### What the task requires
Beneath this task are records; print exactly the stretch of them from the line with "wait, in the order in which they came." through the line with "claimed.now.marks (workspaces_in self.now)", both ends included.

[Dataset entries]
# # #

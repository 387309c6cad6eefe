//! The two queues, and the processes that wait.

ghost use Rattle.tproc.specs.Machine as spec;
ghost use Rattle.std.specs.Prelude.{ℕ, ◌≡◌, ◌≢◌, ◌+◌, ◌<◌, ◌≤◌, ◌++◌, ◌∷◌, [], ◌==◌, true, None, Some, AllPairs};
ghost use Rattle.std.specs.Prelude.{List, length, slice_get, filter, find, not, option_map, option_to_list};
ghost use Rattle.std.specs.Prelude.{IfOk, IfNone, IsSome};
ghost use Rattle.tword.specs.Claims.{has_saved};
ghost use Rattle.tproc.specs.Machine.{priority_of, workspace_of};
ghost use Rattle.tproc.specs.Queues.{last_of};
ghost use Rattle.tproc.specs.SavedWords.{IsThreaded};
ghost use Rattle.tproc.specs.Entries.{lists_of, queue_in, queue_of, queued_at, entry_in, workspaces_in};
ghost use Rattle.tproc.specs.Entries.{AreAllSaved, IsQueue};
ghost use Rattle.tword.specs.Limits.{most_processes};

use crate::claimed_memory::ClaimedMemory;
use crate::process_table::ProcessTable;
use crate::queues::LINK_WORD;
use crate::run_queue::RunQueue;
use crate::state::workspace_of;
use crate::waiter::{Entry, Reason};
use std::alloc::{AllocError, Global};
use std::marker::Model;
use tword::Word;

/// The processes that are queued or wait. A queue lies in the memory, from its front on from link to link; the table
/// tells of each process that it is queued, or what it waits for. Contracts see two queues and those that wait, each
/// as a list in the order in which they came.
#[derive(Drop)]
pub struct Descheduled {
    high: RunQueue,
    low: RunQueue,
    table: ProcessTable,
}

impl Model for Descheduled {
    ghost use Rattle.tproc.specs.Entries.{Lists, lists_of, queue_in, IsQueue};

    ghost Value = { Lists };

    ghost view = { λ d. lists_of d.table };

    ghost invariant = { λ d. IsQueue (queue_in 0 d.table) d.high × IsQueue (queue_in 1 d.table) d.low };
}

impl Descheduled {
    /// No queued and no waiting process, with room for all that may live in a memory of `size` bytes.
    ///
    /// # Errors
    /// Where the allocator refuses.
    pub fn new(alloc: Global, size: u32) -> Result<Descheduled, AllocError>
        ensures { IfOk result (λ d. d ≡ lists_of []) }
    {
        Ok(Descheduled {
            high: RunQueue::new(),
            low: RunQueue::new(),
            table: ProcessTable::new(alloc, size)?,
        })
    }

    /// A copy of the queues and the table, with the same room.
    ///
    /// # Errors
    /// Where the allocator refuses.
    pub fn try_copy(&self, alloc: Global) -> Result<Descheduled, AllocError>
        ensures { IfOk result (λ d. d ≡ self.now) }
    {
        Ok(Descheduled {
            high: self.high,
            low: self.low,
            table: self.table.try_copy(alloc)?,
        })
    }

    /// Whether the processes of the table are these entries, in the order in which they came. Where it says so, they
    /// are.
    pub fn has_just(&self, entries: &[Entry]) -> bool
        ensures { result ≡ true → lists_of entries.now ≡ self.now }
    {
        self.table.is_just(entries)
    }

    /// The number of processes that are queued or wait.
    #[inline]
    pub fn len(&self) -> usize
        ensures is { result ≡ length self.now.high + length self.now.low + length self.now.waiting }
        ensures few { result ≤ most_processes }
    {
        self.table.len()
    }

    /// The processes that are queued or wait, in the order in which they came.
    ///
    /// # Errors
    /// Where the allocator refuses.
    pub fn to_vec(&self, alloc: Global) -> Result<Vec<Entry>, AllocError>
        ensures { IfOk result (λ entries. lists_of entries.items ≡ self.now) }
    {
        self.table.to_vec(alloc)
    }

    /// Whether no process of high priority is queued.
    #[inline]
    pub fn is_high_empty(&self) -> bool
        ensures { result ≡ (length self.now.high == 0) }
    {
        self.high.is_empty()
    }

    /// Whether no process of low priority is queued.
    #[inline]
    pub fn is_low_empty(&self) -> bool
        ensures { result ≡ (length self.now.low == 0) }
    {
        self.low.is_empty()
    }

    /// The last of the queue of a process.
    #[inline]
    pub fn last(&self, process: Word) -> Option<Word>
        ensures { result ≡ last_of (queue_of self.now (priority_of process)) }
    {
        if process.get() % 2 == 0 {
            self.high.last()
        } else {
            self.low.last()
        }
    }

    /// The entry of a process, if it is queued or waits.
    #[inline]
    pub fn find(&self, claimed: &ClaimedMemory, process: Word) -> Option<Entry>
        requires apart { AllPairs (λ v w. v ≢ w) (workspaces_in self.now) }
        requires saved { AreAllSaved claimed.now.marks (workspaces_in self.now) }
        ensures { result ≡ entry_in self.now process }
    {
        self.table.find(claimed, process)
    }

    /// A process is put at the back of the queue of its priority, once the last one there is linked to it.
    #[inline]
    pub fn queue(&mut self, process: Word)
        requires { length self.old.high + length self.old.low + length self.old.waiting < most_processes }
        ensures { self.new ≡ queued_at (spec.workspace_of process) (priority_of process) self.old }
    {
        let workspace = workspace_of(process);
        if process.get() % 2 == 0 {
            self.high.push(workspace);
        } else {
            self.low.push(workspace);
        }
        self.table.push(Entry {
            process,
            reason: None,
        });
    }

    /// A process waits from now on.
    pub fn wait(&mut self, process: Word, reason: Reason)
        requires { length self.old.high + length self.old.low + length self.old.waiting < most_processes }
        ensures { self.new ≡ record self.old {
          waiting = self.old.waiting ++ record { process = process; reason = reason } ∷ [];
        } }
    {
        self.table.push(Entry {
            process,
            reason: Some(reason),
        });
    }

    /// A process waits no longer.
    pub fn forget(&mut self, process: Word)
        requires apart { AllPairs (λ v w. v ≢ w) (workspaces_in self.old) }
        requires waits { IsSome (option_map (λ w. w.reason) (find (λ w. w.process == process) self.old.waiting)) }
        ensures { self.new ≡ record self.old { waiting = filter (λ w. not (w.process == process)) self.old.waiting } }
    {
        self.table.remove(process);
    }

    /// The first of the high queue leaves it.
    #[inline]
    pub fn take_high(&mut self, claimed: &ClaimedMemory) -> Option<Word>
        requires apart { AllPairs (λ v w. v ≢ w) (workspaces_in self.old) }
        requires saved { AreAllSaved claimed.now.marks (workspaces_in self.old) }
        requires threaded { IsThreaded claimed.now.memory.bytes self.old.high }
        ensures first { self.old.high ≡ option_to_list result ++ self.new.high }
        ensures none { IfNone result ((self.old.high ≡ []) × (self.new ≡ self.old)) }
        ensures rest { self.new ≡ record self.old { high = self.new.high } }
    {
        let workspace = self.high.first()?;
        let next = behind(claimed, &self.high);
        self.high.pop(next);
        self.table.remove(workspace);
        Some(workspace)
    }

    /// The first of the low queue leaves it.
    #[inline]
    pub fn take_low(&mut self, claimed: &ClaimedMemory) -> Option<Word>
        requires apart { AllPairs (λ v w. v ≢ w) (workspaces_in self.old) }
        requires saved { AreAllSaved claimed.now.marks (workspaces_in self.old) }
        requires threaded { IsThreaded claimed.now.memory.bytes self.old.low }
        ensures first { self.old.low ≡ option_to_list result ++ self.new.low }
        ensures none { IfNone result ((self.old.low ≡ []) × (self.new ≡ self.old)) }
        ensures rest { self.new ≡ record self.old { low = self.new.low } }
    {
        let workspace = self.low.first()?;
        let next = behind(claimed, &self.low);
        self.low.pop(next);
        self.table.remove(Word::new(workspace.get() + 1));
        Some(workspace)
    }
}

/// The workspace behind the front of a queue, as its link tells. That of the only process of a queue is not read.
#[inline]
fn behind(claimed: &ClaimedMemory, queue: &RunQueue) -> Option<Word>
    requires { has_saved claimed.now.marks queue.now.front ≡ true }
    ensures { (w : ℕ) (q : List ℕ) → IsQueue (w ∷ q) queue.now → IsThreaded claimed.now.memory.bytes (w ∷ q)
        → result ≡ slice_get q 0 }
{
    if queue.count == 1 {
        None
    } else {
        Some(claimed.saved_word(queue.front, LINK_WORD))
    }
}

# # #

### Task output
    /// The processes that are queued or wait, in the order in which they came.
    ///
    /// # Errors
    /// Where the allocator refuses.
    pub fn to_vec(&self, alloc: Global) -> Result<Vec<Entry>, AllocError>
        ensures { IfOk result (λ entries. lists_of entries.items ≡ self.now) }
    {
        self.table.to_vec(alloc)
    }

    /// Whether no process of high priority is queued.
    #[inline]
    pub fn is_high_empty(&self) -> bool
        ensures { result ≡ (length self.now.high == 0) }
    {
        self.high.is_empty()
    }

    /// Whether no process of low priority is queued.
    #[inline]
    pub fn is_low_empty(&self) -> bool
        ensures { result ≡ (length self.now.low == 0) }
    {
        self.low.is_empty()
    }

    /// The last of the queue of a process.
    #[inline]
    pub fn last(&self, process: Word) -> Option<Word>
        ensures { result ≡ last_of (queue_of self.now (priority_of process)) }
    {
        if process.get() % 2 == 0 {
            self.high.last()
        } else {
            self.low.last()
        }
    }

    /// The entry of a process, if it is queued or waits.
    #[inline]
    pub fn find(&self, claimed: &ClaimedMemory, process: Word) -> Option<Entry>
        requires apart { AllPairs (λ v w. v ≢ w) (workspaces_in self.now) }
        requires saved { AreAllSaved claimed.now.marks (workspaces_in self.now) }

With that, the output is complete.